2018-11-05 17:39:56 | 芝居
10月1日吉祥寺シアターで、川村毅作「レディ・オルガの人生」を見た(演出:川村毅、ティーファクトリー公演)。

現在に生きる、ある女。普通に学校を卒業し、会社に勤め、ローンでマンションも買った。結婚はしなかったけれど、特に不自由も感じていない。
かといって特にキャリア志向もなく、普通に暮らせればと願っている。誰かと繋がっていたくもないけれど、ひとりでいたいわけでもない。
多少の無理をしても人との付き合いは大事にしなければと思っている。
ずっと、多数の中で目立たずに、静かに生きていようと思ってきた。時々沸き起こる漠然とした不安、思い出したくない思い出。
彼女には隠したいことがあった。でも、自分にとってそれは大切なものだった。だってそれは、本当は私の個性だから。
・・・・・・彼女には美しい立派な髭があったのだ。(チラシより)

レディ・オルガ(本名ジェーン・バーネル)という米国人女性は、内分泌腺の異常による多毛症により2歳から髭が生え始めたという。
4歳の時、母親にサーカスに売られたのを皮切りに、1940年頃まで、アメリカ最大のサーカスのスター「髭女」として活躍し、1932年
の映画「フリークス」にも出演している由。

物語は現代日本に生きる地味な若い女性を中心に展開する。

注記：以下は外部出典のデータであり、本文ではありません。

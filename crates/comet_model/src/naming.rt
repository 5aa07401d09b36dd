//! The body of the act by which an object gets the name of a comet.

ghost use Rattle.std.specs.Prelude.{◌≡◌, Some, None, IfOk, IfSome};
ghost use Rattle.serde_json.specs.View.{view};
ghost use Rattle.packed_names.specs.declared.name.Name.TheVariants as names;
ghost use Rattle.packed_names.specs.Ranges.{IsName};
ghost use Rattle.comet_model.specs.Namings.{kind_by, kind_in, naming_in, naming_of};

use act_bodies::BodyFault;
use act_bodies::members::{designation_in, object_of, text_in};
use comet_names::CometKind;
use packed_names::Designation;
use serde_json::Value;
use std::alloc::Global;

/// An object that turned out to be a comet.
#[derive(Clone, Copy, Debug, PartialEq, Eq)]
pub struct Naming {
    /// The kind of comet.
    pub kind: CometKind,
    /// A designation of the object.
    pub object: Designation,
}

/// The kind whose letter is the text.
#[tactic(auto, unfolding(comet_names::specs::Kinds::kind_of))]
fn kind_by(text: &[u8]) -> Option<CometKind>
    ensures { result ≡ kind_by text.now }
{
    match text {
        [b'C'] => Some(CometKind::C),
        [b'P'] => Some(CometKind::P),
        _ => None,
    }
}

/// The kind that a body names.
#[tactic(auto, unfolding(crate::specs::Namings::kind_in))]
fn kind_in(value: &Value) -> Option<CometKind>
    ensures { result ≡ kind_in (view value.now) }
{
    kind_by(text_in("kind", value)?)
}

/// What the members of an object say.
#[tactic(auto, unfolding(crate::specs::Namings::naming_in))]
fn naming_in(value: &Value) -> Option<Naming>
    ensures value { result ≡ naming_in (view value.now) }
    ensures named { IfSome result (λ naming. IsName (names.Designation naming.object)) }
{
    let kind = kind_in(value)?;
    let object = designation_in("object", value)?;
    Some(Naming { kind, object })
}

/// Reads the body of `comet`: a JSON object of the members `kind`, the string `C` or `P`, and `object`, a designation
/// in its printed form.
///
/// # Errors
///
/// `Unread` where the body is anything else; `NoMemory` where memory was refused.
#[tactic(auto, unfolding(crate::specs::Namings::naming_of))]
pub fn read_naming(alloc: Global, body: &[u8]) -> Result<Naming, BodyFault>
    ensures read { IfOk result (λ naming. naming_of body.now ≡ Some naming) }
    ensures unread { result ≡ Err BodyFault.Unread → naming_of body.now ≡ None }
    ensures named { IfOk result (λ naming. IsName (names.Designation naming.object)) }
{
    let value = object_of(alloc, 2, body)?;
    match naming_in(&value) {
        Some(naming) => Ok(naming),
        None => Err(BodyFault::Unread),
    }
}
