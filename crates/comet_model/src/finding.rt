//! What an office that can be read has of a designation.

ghost use Rattle.std.specs.Prelude.{◌≡◌, true, option_map};
ghost use Rattle.act_model.specs.BatchRules.{is_in_years};
ghost use Rattle.act_model.specs.Deeds.{deeds};
ghost use Rattle.act_model.specs.Discoveries.{half_of};
ghost use Rattle.comet_model.specs.Finding.{discovery, found_of};

use crate::named::Found;
use act_model::Shelf;
use obs_record::Sighting;
use obs_time::half_month;
use packed_names::{Designation, HalfMonth};

/// The half-month of an observation of the years 1925 to 2099, by its exact time.
#[tactic(auto,
// the half-month of the exact time
unfolding(act_model::specs::Discoveries::half_of, obs_time::specs::Calendar::half_month_of,
// by its date
obs_time::specs::Calendar::half_of, obs_time::specs::Calendar::date_of_day))]
fn half_of(sighting: &Sighting) -> HalfMonth
    requires { is_in_years sighting.now ≡ true }
    ensures { result ≡ half_of sighting.now.time }
{
    match half_month(sighting.time) {
        Some((year, index)) => HalfMonth { year, index },
        None => unreachable!(),
    }
}

/// The half-month of the observation by which the object of a designation was discovered.
fn discovered_in<V: Shelf>(shelf: &V, d: Designation) -> Option<HalfMonth>
    ensures { result ≡ option_map (λ s. half_of s.time) (discovery (deeds (V.history shelf.now)) d) }
{
    act_model::laws::observed_years();
    let sighting = shelf.sighting(shelf.discovery(d)?)?;
    Some(half_of(sighting))
}

/// What the office has of a designation. It takes no memory.
#[tactic(auto, unfolding(crate::specs::Finding::found_of))]
pub fn look_up<V: Shelf>(shelf: &V, d: Designation) -> Found
    ensures { result ≡ found_of (deeds (V.history shelf.now)) d }
{
    if shelf.principal(d).is_none() {
        return Found::NotGiven;
    }
    match discovered_in(shelf, d) {
        Some(half) => Found::Discovered(half),
        None => Found::NoDiscovery,
    }
}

彼女は会社で何となく孤立しており、ある時、小さな劇団に入団しようと
するが、そこは実はサーカスだった・・・?

いくつもの挿話がにぎやかに盛り込まれている。
中ではドラキュラ伯爵の話など面白い。
ただ、ドラキュラ伯や鬼一族などファンタジックな異形の人々はいいが、シャム双生児の姉妹のシーンだけは笑えなかった。
何年も前だが、実際にちょうどあんな形で結合したまま10代後半まで成長した姉妹が外国にいて、思春期を迎え、悩み深く、
将来の夢もそれぞれにあり、分離手術をしたが、失敗して二人共亡くなったことがあった。
そのことがあまりに悲しく記憶に残っているので。
それから、シャボン玉劇場のコントは古過ぎて、観客のほとんどは分からないのでは?

役者では、占い師役などの、のぐち和美が懐しい。かつて寺山修二の芝居で見た、独特の存在感ある怪優。 
主演の渡辺真起子は初めて見たが、好演。

作者はシェイクスピアが好きらしい。
劇中劇の脚本を担当するアルビノの青年は、ハムレットのセリフをいろいろ口にする。

川村毅の作品は初めて見たが、今という時代を見つめる、鋭くて温かいまなざしを持つ人だと思った。